» WHAT TO PRODUCE
Filter the lines below, copying only those with the string "Some".

» EXTRACTED ENTRIES
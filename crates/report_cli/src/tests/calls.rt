//! Each call of the library once, where all goes well.
use git_config_lite::Source;
use gitbase_core::MemoryStore;
use std::alloc::Global;
use worktree_fs::{MemoryWorktree, NewNode, PlannedInterrupt};
use worktree_report::{
    Activity, Attributes, Config, Environment, Permission, Permissions, Report, ReportError, Setup,
    Trust, exit_status_of_report_error, load_modules, report_bytes, worktree_report,
};

/// A submodule `m` at `f`, and a configuration that says that it is active.
const FILES: &[(&[u8], NewNode<'static>)] = &[
    (
        b"/w/.gitmodules",
        NewNode::File(b"[submodule \"m\"]\npath = f\n"),
    ),
    (b"/w/f", NewNode::File(b"")),
    (b"/c", NewNode::File(b"[submodule \"m\"]\nactive\n")),
];

const SETUP: &[u8] =
    b"config local /c\nblob 0123456789012345678901234567890123456789 a\\0a\noption submodules yes\n";

const TEXT: &[u8] =
    b"untracked file - always - - -\t.gitmodules\nuntracked file - always - - active:m\tf\n";

fn tree(alloc: Global) -> Option<MemoryWorktree> {
    let mut tree = MemoryWorktree::new(alloc, false);
    for (path, node) in FILES {
        tree.add(alloc, path, *node).ok()?;
    }
    Some(tree)
}

/// Whether a setup has a configuration of this kind.
fn has_single_config_of_source(setup: &Setup, source: Source) -> bool {
    match setup.configs.as_slice() {
        [named] => named.0 == source && named.1.as_bytes() == b"/c".as_slice(),
        _ => false,
    }
}

/// Whether the setup text is read as it stands.
pub fn setup_text_parses_as_expected(alloc: Global) -> bool {
    match Setup::parse(alloc, SETUP) {
        Ok(setup) => has_single_config_of_source(&setup, Source::Local) && setup.options.submodules,
        Err(_) => false,
    }
}

/// Whether the files that tell of submodules give one, with this configuration.
pub fn loads_one_submodule(alloc: Global) -> Option<bool> {
    let setup = Setup::parse(alloc, SETUP).ok()?;
    let mut tree = tree(alloc)?;
    let modules = load_modules(alloc, &mut tree, b"/w", &setup).ok()?;
    let value = modules.config.string(b"submodule", Some(b"m"), b"active");
    Some(modules.file.names().count() == 1 && value == Some(b"".as_slice()))
}

fn report(alloc: Global, setup: &Setup) -> Option<Report> {
    let mut tree = tree(alloc)?;
    let mut objects = MemoryStore::new(alloc);
    let mut never = PlannedInterrupt::never();
    worktree_report(alloc, &mut tree, &mut objects, &mut never, b"/w", setup).ok()
}

/// Whether the last entry of a report is an active submodule.
fn last_entry_is_active_submodule(report: &Report) -> bool {
    match report.entries.as_slice() {
        [_, last] => match &last.facts {
            Some(facts) => facts.active == Activity::Active
                && facts.name.as_bytes() == b"m".as_slice(),
            None => false,
        },
        _ => false,
    }
}

/// Whether the report and its text are as they must be.
pub fn makes_expected_report_text(alloc: Global) -> Option<bool> {
    let setup = Setup::parse(alloc, SETUP).ok()?;
    let report = report(alloc, &setup)?;
    let text = report_bytes(alloc, &report, &setup.options).ok()?;
    Some(last_entry_is_active_submodule(&report) && text.as_bytes() == TEXT)
}

/// Whether statuses are those of the program.
pub fn report_errors_have_statuses() -> bool {
    exit_status_of_report_error(&ReportError::Modules { line: 1 }) == 5
        && exit_status_of_report_error(&ReportError::ReadFault) == 6
        && exit_status_of_report_error(&ReportError::OutOfMemory) == 8
}

/// Whether the defaults admit all but what git's installation has.
pub fn permissions_have_defaults() -> bool {
    Config::default() == Config::all()
        && Attributes::default() == Attributes::all()
        && Permissions::default() == Permissions::secure()
        && Permissions::default_for_level(Trust::Reduced) == Permissions::all()
        && Environment::all().home == Permission::Allow
}

/// Whether nothing is admitted from outside a repository that is isolated.
pub fn isolated_permissions_deny_outside() -> bool {
    let isolated = Permissions::isolated();
    isolated.config == Config::isolated()
        && isolated.attributes == Attributes::isolated()
        && isolated.env == Environment::isolated()
        && Environment::isolated().home == Permission::Deny
}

» ANSWER TO THE EXERCISE
    Some(tree)
    let value = modules.config.string(b"submodule", Some(b"m"), b"active");
    Some(modules.file.names().count() == 1 && value == Some(b"".as_slice()))
            Some(facts) => facts.active == Activity::Active
    Some(last_entry_is_active_submodule(&report) && text.as_bytes() == TEXT)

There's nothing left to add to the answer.